1. The problem statement, all variables and given/known data
Decompose $\mathbb{C}^{5}$, the 5 dimensional complex Euclidean space) into invariant subspaces irreducible with respect to the group $C_{5} \cong \mathbb{Z}_{5}$ of cyclic permutations of the basis vectors $e_{1}$ through $e_{5}$.
Hint: The group is Abelian, so all the irreps are one-dimensional. Therefore, you can use the simplified form of the projection operators, with characters.

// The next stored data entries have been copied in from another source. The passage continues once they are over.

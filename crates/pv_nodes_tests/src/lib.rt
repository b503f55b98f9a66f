//! The tests of nodes and of live nodes. They stand apart, since a crate is proved once more with its tests.
#![tactic(auto)]

#[cfg(test)]
mod group;
#[cfg(test)]
mod live;
#[cfg(test)]
mod node;
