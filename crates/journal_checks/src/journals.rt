// Journals read through and record by record.
use journal::{
    Extent, Fault, Layer, NoticeFields, Place, Placed, Reader, Record, Signal, read_through,
};
use method::Question;
use std::test::Fail;

// A sequence (15 bytes), a three-step (8), a certificate (8) and a notice (1), each with its least fields.
const ALL_KINDS: [u8; 32] = [
    0x10, 0x04, 0x02, 0, 0, 0, 0, 0, 0x34, 0x48, 0, 0, 0, 0, 0, 0x20, 0x04, 0, 0, 0, 0x06, 0x89,
    0x00, 0x30, 0x04, 0x01, 0, 0x20, 0, 0, 0, 0x44,
];

fn fault(question: Question, layer: Layer, ordinal: usize, first_byte: usize) -> Fault {
    Fault {
        question,
        layer,
        place: Place {
            ordinal,
            first_byte,
        },
    }
}

#[test]
fn empty(rt: HostRuntime) {
    let journal: [u8; 0] = [];
    assert_eq!(rt;
        read_through(&journal),
        Ok(Extent {
            records: 0,
            bytes: 0,
        })
    );
    assert_eq!(rt; Reader::new(&journal).next(), Ok(None));
}

#[test]
fn all_kinds(rt: HostRuntime) -> Result<(), Fail> {
    assert_eq!(rt;
        read_through(&ALL_KINDS),
        Ok(Extent {
            records: 4,
            bytes: 32,
        })
    );
    let mut reader = Reader::new(&ALL_KINDS);
    let _ = reader.next()?;
    let _ = reader.next()?;
    let _ = reader.next()?;
    let last = Placed {
        place: Place {
            ordinal: 4,
            first_byte: 31,
        },
        record: Record::Notice(NoticeFields {
            failed: Signal::Inspection,
        }),
    };
    assert_eq!(rt; reader.next(), Ok(Some(last)));
    assert_eq!(rt;
        reader.extent(),
        Extent {
            records: 4,
            bytes: 32,
        }
    );
    assert_eq!(rt; reader.next(), Ok(None));
    assert_eq!(rt; reader.next(), Ok(None));
    Ok(())
}

// The third record is cut off after seven of its eight bytes.
#[test]
fn truncated(rt: HostRuntime) {
    assert_eq!(rt;
        read_through(&ALL_KINDS[0..30]),
        Err(fault(Question::AllBytesThere, Layer::Kind, 3, 23))
    );
}

// The reader stays at the record that it does not read.
#[test]
fn same_fault_again(rt: HostRuntime) -> Result<(), Fail> {
    let journal = [0x48, 0x49, 0x44];
    let mut reader = Reader::new(&journal);
    let _ = reader.next()?;
    assert_eq!(rt;
        reader.next(),
        Err(fault(Question::FillZero, Layer::Bits, 2, 1))
    );
    assert_eq!(rt;
        reader.next(),
        Err(fault(Question::FillZero, Layer::Bits, 2, 1))
    );
    assert_eq!(rt;
        reader.extent(),
        Extent {
            records: 1,
            bytes: 1,
        }
    );
    assert_eq!(rt;
        read_through(&journal),
        Err(fault(Question::FillZero, Layer::Bits, 2, 1))
    );
    Ok(())
}

// A certificate (closed 2 of 1) and a three-step (point 0) that are whole but out of range.
#[test]
fn out_of_range(rt: HostRuntime) {
    let closed_more = [0x48, 0x30, 0x04, 0x02, 0, 0, 0, 0, 0];
    assert_eq!(rt;
        read_through(&closed_more),
        Err(fault(Question::FieldsInRange, Layer::Field, 2, 1))
    );
    let no_point = [0x20, 0x00, 0, 0, 0, 0x06, 0x89, 0x00];
    assert_eq!(rt;
        read_through(&no_point),
        Err(fault(Question::FieldsInRange, Layer::Field, 1, 0))
    );
}
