// Examples of the journal, their bytes worked by hand.
#![tactic(auto)]

#[cfg(test)]
mod journals;
#[cfg(test)]
mod records;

Further, try to do the same for $\mathbb{R}^{5}$, insisting that the basis vectors can only be combined with real coefficients. What is the difference between real and complex reps?
2. Relevant equations
This may be the right projection operator, unsure: $P^{\alpha}=\frac{d_{\alpha}}{|G|} \sum_{g} \chi^{(\alpha)}(g)*O_{g}$
3. The attempt at a solution
I am confused by the term decompose, so my attempts have been floundering. I tried to write out the character table for $\mathbb{Z}_5$ and I think I succeeded in that, but am unsure if it is needed. The hint about the projection operators served to confuse me more, although I readily understand the part about 1D irreps and Abelian. Is this asking me to construct reps (matrices) using cyclic permutations of $C_{5}$? If so, how am I supposed to use projection operators in this case to get them; This seems right however.
Any help would be wonderful.